Every line from the first one in the listing down to the line with "leaves of cells" should be restated word for word.

--------------------

//! The laws of a file in pages.
ghost use Rattle.nofs_pages.specs.Crashes.{PagesKeepCells, TwinsKeepCells, TwinsStayTold};

/// Of a file that keeps pages whole through a crash, each cell is what was durable, or what it was at a moment since.
pub fn law_pages()
    ensures { PagesKeepCells }
{}

/// Of a file with two places for each page, whatever a crash leaves in the place of a page that was being written, each
/// cell is what was durable, or what it was at a moment since; and a page that was told is told.
pub fn law_twin_pages()
    ensures cells { TwinsKeepCells }
    ensures told { TwinsStayTold }
{}
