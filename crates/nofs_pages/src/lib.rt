//! A file in pages of 4,096 bytes, each with a magic, its number and a sum, seen as the bytes of the cells in them.
//!
//! Promise: over a file that keeps pages of 4,096 bytes whole it is a file that keeps cells of 1,056 bytes whole; where
//! each page has two places, over one that keeps what it isn't writing. What a page that is torn, rotten or in
//! another's place has is never shown: a read of it fails, but where the file is going to be written anew. Between two
//! syncs no page is written twice.
//!
//! - `sum`: XXH64
//! - `page`: the bytes of a page, and of several
//! - `row`: the cells of neighbouring pages
//! - `store`: pages that are read and put by their numbers
//! - `single`: a file with one place for each page
//! - `place`, `versions`, `twin`: a file with two places for each page
//! - `put_pages`, `compose`, `paged`: pages, seen as their cells
//! - `laws`: what a crash leaves of cells
//! - `layout`: a file in one layout or another
#![tactic(auto)]

mod compose;
mod laws;
mod layout;
mod page;
mod paged;
mod place;
mod put_pages;
mod row;
mod single;
mod store;
mod sum;
mod twin;
mod versions;

pub use laws::{law_pages, law_twin_pages};
pub use layout::{ImageFile, Layout, layout_of, single_pages, twin_pages};
pub use page::{AREA_AT, MAGIC, PAGE_BYTES, is_made};
pub use paged::Paged;
pub use place::{Current, PAIR_BYTES, TWIN_MAGIC, judge};
pub use single::Single;
pub use store::PageStore;
pub use sum::sum_of;
pub use twin::Twin;
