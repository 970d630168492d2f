//! A page in two places of 4,096 bytes, each with a magic, the page's number, a sum, a version, and three cells.
//!
//! Promise: the bytes of a page's cells are shown only where magic, number, sum and version of a place are right: of
//! two such places those with the higher version.
//!
//! | Bytes of a place | What |
//! |---|---|
//! | 0..8 | "NoFStwin" |
//! | 8..16 | the number of the page, so that a write that went to another place is found |
//! | 16..24 | XXH64 of the bytes 896..4096, with the number as the seed |
//! | 24..896 | zeros, which nobody looks at |
//! | 896..904 | the version: an even one in the first place, an odd one in the second |
//! | 904..928 | zeros |
//! | 928..4096 | three cells |
//!
//! A page of which neither place is right has zeros, and is told where one of them is blank. The first place is an even
//! page's own, the second one an odd page's. Where its own is blank, the page has the version 0 or 1 that would stand
//! there, else the other one: so what another layout left at the beginning of a file is written over first, and the
//! places that two neighbours get first touch.
ghost use Rattle.std.specs.Prelude.{◌≡◌, ◌+◌, ◌*◌, ◌<◌, ◌≤◌, ◌^◌, ◌%◌, ℕ, IfSome, IsFalse, IsTrue, length, slice_range};
ghost use Rattle.nofs_disk.specs.CellsOfBytes.{part_of};
ghost use Rattle.nofs_disk.specs.Number.{put_bytes};
ghost use Rattle.nofs_pages.specs.Twins.{HasTwinAreas, HasTwinsTold, IsTwinTold, LearnsVersions, current_of, is_blank};
ghost use Rattle.nofs_pages.specs.Twins.{is_twin};
ghost use Rattle.nofs_pages.specs.Twins.{twin_area, twin_sealed, twin_version, version_in, version_of_none};

use crate::page::{AREA_AT, AREA_BYTES, PAGE_BYTES, clear_area, is_blank, is_made, lay, sign};
use crate::versions::Versions;
use nofs_disk::{read_u64_at, write_bytes_at, write_u64_at};

/// How many bytes both places of a page have.
pub const PAIR_BYTES: usize = 8_192;

/// "NoFStwin" as a number.
pub const TWIN_MAGIC: u64 = 0x6e69_7774_5346_6f4e;

/// Where in a place stands what is under its sum, the version first.
const BODY_AT: usize = 896;

/// Which place of a page is current.
#[derive(Clone, Copy, Debug, PartialEq, Eq)]
pub enum Current {
    First,
    Second,
    /// Neither is told.
    Neither,
}

// The version in a place.
#[tactic(auto, unfolding(crate::specs::Twins::version_in))]
fn version_at(page: &[u8]) -> u64
    requires { length page.now ≡ 4096 }
    ensures { result ≡ version_in page.now }
{
    read_u64_at(page, BODY_AT)
}

// Whether a place, 0 or 1, is told.
#[tactic(auto, unfolding(crate::specs::Twins::is_twin))]
fn is_told(place: u64, page: &[u8], number: u64) -> bool
    requires { length page.now ≡ 4096 }
    ensures { result ≡ is_twin place number page.now }
{
    is_made(TWIN_MAGIC, BODY_AT, page, number) && version_at(page) % 2 == place
}

/// Which place of a page is current. The sum of the one with the higher version is looked at first, and mostly alone.
#[tactic(auto, unfolding(crate::specs::Twins::current_of))]
pub fn judge(one: &[u8], two: &[u8], number: u64) -> Current
    requires one { length one.now ≡ 4096 }
    requires two { length two.now ≡ 4096 }
    ensures { result ≡ current_of number one.now two.now }
{
    let later = version_at(one) < version_at(two);
    if later && is_told(1, two, number) {
        Current::Second
    } else if is_told(0, one, number) {
        Current::First
    } else if !later && is_told(1, two, number) {
        Current::Second
    } else {
        Current::Neither
    }
}

// Copies the cells of a place, and answers its version.
fn copy_place(page: &[u8], into: &mut [u8], to: usize) -> u64
    requires page { length page.now ≡ 4096 }
    requires into { to + 3168 ≤ length into.old }
    ensures area { into.new ≡ put_bytes to (slice_range page.now 928 4096) into.old }
    ensures version { result ≡ version_in page.now }
{
    write_bytes_at(into, to, &page[AREA_AT..PAGE_BYTES]);
    version_at(page)
}

// The version of a page of which neither place is told.
fn version_of_none(one: &[u8], two: &[u8], number: u64) -> u64
    ensures { result ≡ version_of_none number one.now two.now }
{
    if number % 2 == 0 {
        if is_blank(one) { 0 } else { 1 }
    } else if is_blank(two) {
        1
    } else {
        0
    }
}

// Shows the cells of a page, and answers its version. One that can't be told has zeros where it is going to be written
// over, else there is no answer.
#[tactic(auto, unfolding(crate::specs::Twins::twin_area, crate::specs::Twins::twin_version))]
fn open_pair(
    one: &[u8],
    two: &[u8],
    number: u64,
    fresh: bool,
    into: &mut [u8],
    to: usize,
) -> Option<u64>
    requires one { length one.now ≡ 4096 }
    requires two { length two.now ≡ 4096 }
    requires into { to + 3168 ≤ length into.old }
    ensures area { into.new ≡ put_bytes to (twin_area number one.now two.now) into.old }
    ensures version { IfSome result (λ version. version ≡ twin_version number one.now two.now) }
    ensures told { IfSome result (λ version. IsFalse fresh → IsTwinTold number one.now two.now) }
{
    match judge(one, two, number) {
        Current::First => Some(copy_place(one, into, to)),
        Current::Second => Some(copy_place(two, into, to)),
        Current::Neither => {
            clear_area(into, to);
            if fresh || is_blank(one) || is_blank(two) {
                Some(version_of_none(one, two, number))
            } else {
                None
            }
        }
    }
}

// The version of a page.
#[tactic(auto, unfolding(crate::specs::Twins::twin_version))]
fn version_of(one: &[u8], two: &[u8], number: u64) -> u64
    requires one { length one.now ≡ 4096 }
    requires two { length two.now ≡ 4096 }
    ensures { result ≡ twin_version number one.now two.now }
{
    match judge(one, two, number) {
        Current::First => version_at(one),
        Current::Second => version_at(two),
        Current::Neither => version_of_none(one, two, number),
    }
}

/// Shows the cells of some pages, the first of which has a number, from a place on, and notes their versions; where one
/// can't be told, of those before it alone.
pub fn open_pairs(
    raw: &[u8],
    first: u64,
    count: usize,
    fresh: bool,
    versions: &mut Versions,
    into: &mut [u8],
    to: usize,
) -> bool
    requires raw { 8192 * count ≤ length raw.now }
    requires into { to + 3168 * count ≤ length into.old }
    requires number { first + count ≤ 349526 }
    ensures len { length into.new ≡ length into.old }
    ensures areas { IsTrue result → HasTwinAreas raw.now first count to into.old into.new }
    ensures told { IsTrue result → IsFalse fresh → HasTwinsTold raw.now first count }
    ensures learns { LearnsVersions raw.now first count versions.old versions.new }
{
    for at in 0..count {
        let (from, number) = (PAIR_BYTES * at, first + at as u64);
        let one = &raw[from..from + PAGE_BYTES];
        let two = &raw[from + PAGE_BYTES..from + PAIR_BYTES];
        match open_pair(one, two, number, fresh, into, to + AREA_BYTES * at) {
            Some(version) => versions.note(number, version),
            None => return false,
        }
    }
    true
}

/// Notes the versions of some pages, the first of which has a number.
pub fn learn_pairs(raw: &[u8], first: u64, count: usize, versions: &mut Versions)
    requires raw { 8192 * count ≤ length raw.now }
    requires number { first + count ≤ 349526 }
    ensures { LearnsVersions raw.now first count versions.old versions.new }
{
    for at in 0..count {
        let (from, number) = (PAIR_BYTES * at, first + at as u64);
        let one = &raw[from..from + PAGE_BYTES];
        let two = &raw[from + PAGE_BYTES..from + PAIR_BYTES];
        versions.note(number, version_of(one, two, number));
    }
}

// Makes the place with a page's number, a version and these cells.
fn seal_one(number: u64, version: u64, area: &[u8], page: &mut [u8])
    requires area { length area.now ≡ 3168 }
    requires page { length page.old ≡ 4096 }
    ensures { page.new ≡ twin_sealed number version area.now }
{
    lay(page, AREA_AT, area);
    write_u64_at(page, BODY_AT, version);
    sign(TWIN_MAGIC, BODY_AT, number, page);
}

/// Makes the place of a version of one of some pages, behind the places of those before it.
pub fn seal_place(first: u64, at: usize, version: u64, areas: &[u8], places: &mut [u8])
    requires number { first + at < 349526 }
    requires areas { 3168 * at + 3168 ≤ length areas.now }
    requires places { 4096 * at + 4096 ≤ length places.old }
    ensures { places.new ≡ put_bytes (4096 * at)
        (twin_sealed (first + at) version (part_of areas.now (3168 * at) 3168)) places.old }
{
    let (from, to) = (AREA_BYTES * at, PAGE_BYTES * at);
    seal_one(
        first + at as u64,
        version,
        &areas[from..from + AREA_BYTES],
        &mut places[to..to + PAGE_BYTES],
    );
}
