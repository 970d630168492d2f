//! Copies of paths.
ghost use Rattle.std.specs.Prelude.{◌≡◌, IfOk};

use nofs_client::Path;
use nofs_dirent::PathNames;
use std::alloc::{AllocError, Global};

fn copy_names(alloc: Global, names: &PathNames) -> Result<PathNames, AllocError>
    ensures { IfOk result (λ copy. copy ≡ names.now) }
{
    let mut copy = PathNames::new(alloc);
    for name in names.as_slice() {
        copy.push(name.copy(alloc)?)?;
    }
    Ok(copy)
}

/// A second path with the same names.
pub(crate) fn copy_path(alloc: Global, path: &Path) -> Result<Path, AllocError>
    ensures { IfOk result (λ copy. copy ≡ path.now) }
{
    match path {
        Path::Label => Ok(Path::Label),
        Path::Names(names) => Ok(Path::Names(copy_names(alloc, names)?)),
    }
}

--------------------

• [Response area]:
//! The laws of a file in pages.
ghost use Rattle.nofs_pages.specs.Crashes.{PagesKeepCells, TwinsKeepCells, TwinsStayTold};

/// Of a file that keeps pages whole through a crash, each cell is what was durable, or what it was at a moment since.
pub fn law_pages()
    ensures { PagesKeepCells }
{}

/// Of a file with two places for each page, whatever a crash leaves in the place of a page that was being written, each
/// cell is what was durable, or what it was at a moment since; and a page that was told is told.
pub fn law_twin_pages()
    ensures cells { TwinsKeepCells }
    ensures told { TwinsStayTold }
{}
filename crates/nofs_pages/src/lib.rt
//! A file in pages of 4,096 bytes, each with a magic, its number and a sum, seen as the bytes of the cells in them.
//!
//! Promise: over a file that keeps pages of 4,096 bytes whole it is a file that keeps cells of 1,056 bytes whole; where
//! each page has two places, over one that keeps what it isn't writing. What a page that is torn, rotten or in
//! another's place has is never shown: a read of it fails, but where the file is going to be written anew. Between two
//! syncs no page is written twice.
//!
//! - `sum`: XXH64
//! - `page`: the bytes of a page, and of several
//! - `row`: the cells of neighbouring pages
//! - `store`: pages that are read and put by their numbers
//! - `single`: a file with one place for each page
//! - `place`, `versions`, `twin`: a file with two places for each page
//! - `put_pages`, `compose`, `paged`: pages, seen as their cells
//! - `laws`: what a crash leaves of cells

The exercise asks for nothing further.